Saturday, July 2, 2011

How to Ruin a River: A Summer Trip to the Lynch

Dam it up.  Someone has taken it upon themselves to ruin the Lynch River, or rather, to ruin the riffles that I like to sample.   Kids?  Teens?  The landowner?  Can't really tell you.  But they've stacked up the rocks at the head of what used to be very good riffles, creating pools out of nice, cascading runs.  Were this to create pools where someone could swim, I guess I could understand it -- but the water isn't that deep.  It's a shame.  And I'm not sure I see any reason to return to the Lynch -- at least to this particular site -- to look for bugs.  Alas!

But I looked in the few riffles that still remain, and I found pretty much the same thing I found yesterday at Buck Mt. Creek: flatheaded mayflies (genus Maccaffertium and genus Leucrocuta), and small minnow mayflies -- both Acentrella and Baetis.  The two biggest Maccaffertium nymphs that I kept for photos appeared to me to be different species.  Look at the square-shaped head in the nymph at the top of the page  (I think it's Maccaffertium ithaca -- the "Light Cahill") -- then look at the one in the photo below.

The head is more rounded off.  Here's a neat shot of both nymphs together, and the different shapes of the heads seems pretty clear.  Can't help you out with names for the species.
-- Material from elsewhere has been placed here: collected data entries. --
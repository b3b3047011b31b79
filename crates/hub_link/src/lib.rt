//! A hub that is asked: the trait `HubLink`, one in memory, and the reading of a reply.
//! `HubLink::ask` gives the reply to one request, or fails where its count of faults rose. `read_reply` answers the status and
//! the body exactly where bytes are one whole reply, and `reply_is_one` says that they are at most one. `uncode` makes of a reply
//! in chunks the same reply by its length, and refuses every other coding. A guard and a culler stand on these.
#![tactic(auto)]

pub mod chunked;
pub mod coded;
pub mod codings;
pub mod laws;
pub mod link;
pub mod mem_link;
pub mod replies;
The Acentrella nymphs that I photographed might also be different species -- at least the colors were not the same.  Still, the darker one might simply be a more mature nymph of the same species.  Neither of these had the reddish/orange neck and spots that we found on the nymphs yesterday.  Still, the colors are stunning.  I'll simply post two photos of both of the nymphs I picked out.  On the last photo, one of the two small Baetis nymphs that I found is in the upper part of the photo.

I didn't see any stoneflies today.  Water pennies, netspinners, fingernets, and a few small brushlegged mayflies -- but the dominant taxa were the flatheads and the small minnow mayflies.